Familiares, amigos e conhecidos de João Gilmar de Souza estão se preparando para realizar, sábado (27) à tarde, uma manifestação na antiga cancha de São José do Cerrito, pedindo por esclarecimento a respeito da morte de João Gilmar, no último dia 15, quando recebeu cinco tiros da polícia. “Foi morto como se fosse um bandido”, dizem alguns conhecidos. É isso que está indignando a comunidade.

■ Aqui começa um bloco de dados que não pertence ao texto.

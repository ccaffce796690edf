// Codes of short names in sets, which find them by their hashes.
ghost use Rattle.std.specs.Prelude.{◌≡◌, ◌≢◌, ◌<◌, ◌^◌, ◌++◌, ◌∷◌, [], None, All, OnOk, OnErr, IfSome, length, get_or, slice_get};

use indexmap::IndexSet;
use std::alloc::{AllocError, Global};
use std::marker::Model;

// Codes from here on are those of names of more than eight bytes.
const WIDE: u128 = 0x1_0000_0000_0000_0000;

/// Codes that differ, in the order in which they came.
#[derive(Drop)]
pub struct ShortCodes {
    // those before the first that is wide
    narrow: IndexSet<u64>,
    // those from it on
    wide: IndexSet<u128>,
}

impl Model for ShortCodes {
    ghost use Rattle.std.specs.Prelude.{List, ℕ, ◌<◌, ◌^◌, ◌++◌, All};

    ghost Value = { List ℕ };

    ghost view = { λ c. c.narrow.keys ++ c.wide.keys };

    ghost invariant = { λ c. All (λ n. n < 2 ^ 64) c.narrow.keys };
}

// The place of a code among those that are not wide.
#[inline]
fn narrow_place(codes: &IndexSet<u64>, code: u128) -> Option<usize>
    requires { All (λ c. c < 2 ^ 64) codes.now.keys }
    ensures within { IfSome result (λ p. p < length codes.now.keys) }
    ensures found { IfSome result (λ p. get_or codes.now.keys p 0 ≡ code) }
    ensures absent { result ≡ None → All (λ c. c ≢ code) codes.now.keys }
{
    if code >= WIDE {
        return None;
    }
    let narrow = code as u64;
    codes.get_index_of(&narrow)
}

// The place of a code among those from the first wide one on.
fn wide_place(codes: &IndexSet<u128>, code: u128) -> Option<usize>
    ensures within { IfSome result (λ p. p < length codes.now.keys) }
    ensures found { IfSome result (λ p. get_or codes.now.keys p 0 ≡ code) }
    ensures absent { result ≡ None → All (λ c. c ≢ code) codes.now.keys }
{
    // without its hash where there is none
    if codes.len() == 0 {
        return None;
    }
    codes.get_index_of(&code)
}

impl ShortCodes {
    /// No codes.
    pub(crate) fn new(alloc: Global) -> ShortCodes
        ensures { result ≡ [] }
    {
        ShortCodes {
            narrow: IndexSet::new(alloc),
            wide: IndexSet::new(alloc),
        }
    }

    /// How many codes there are.
    #[inline]
    pub(crate) fn len(&self) -> usize
        ensures value { result ≡ length self.now }
        ensures few { result < 2 ^ 62 }
    {
        self.narrow.as_slice().len() + self.wide.as_slice().len()
    }

    /// The code at a place.
    #[inline(always)]
    pub(crate) fn get(&self, place: usize) -> Option<u128>
        ensures { result ≡ slice_get self.now place }
    {
        let narrow = self.narrow.as_slice();
        if place < narrow.len() {
            return Some(narrow[place] as u128);
        }
        self.wide.as_slice().get(place - narrow.len()).copied()
    }

    /// The place of a code.
    pub(crate) fn find(&self, code: u128) -> Option<usize>
        ensures within { IfSome result (λ p. p < length self.now) }
        ensures found { IfSome result (λ p. get_or self.now p 0 ≡ code) }
        ensures absent { result ≡ None → All (λ c. c ≢ code) self.now }
    {
        if let Some(place) = narrow_place(&self.narrow, code) {
            return Some(place);
        }
        let Some(place) = wide_place(&self.wide, code) else {
            return None;
        };
        // for the prover alone: how many there may be
        let _wide = self.wide.as_slice();
        Some(self.narrow.as_slice().len() + place)
    }

    /// Puts a new code behind the others. Want of memory changes no code.
    pub(crate) fn insert(&mut self, code: u128) -> Result<(), AllocError>
        requires { All (λ c. c ≢ code) self.old }
        ensures more { OnOk result (self.new ≡ self.old ++ code ∷ []) }
        ensures same { OnErr result (self.new ≡ self.old) }
    {
        let wide = self.wide.len();
        if code < WIDE && wide == 0 {
            self.narrow.insert(code as u64)?;
            return Ok(());
        }
        self.wide.insert(code)?;
        Ok(())
    }
}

Ele era uma pessoa muito conhecida de todos, inclusive integrava o Conselho Comunitário e sempre estava pronto para ajudar as demais pessoas, mas tinha problemas com depressão e “todo mundo sabe que as vezes ela saia fora da casinha durante as crises de depressão”, contam. Mas a questão é que a versão que a polícia dá aos fatos diverge do que algumas pessoas da comunidade contam e presenciaram. Por isso querem esclarecimento.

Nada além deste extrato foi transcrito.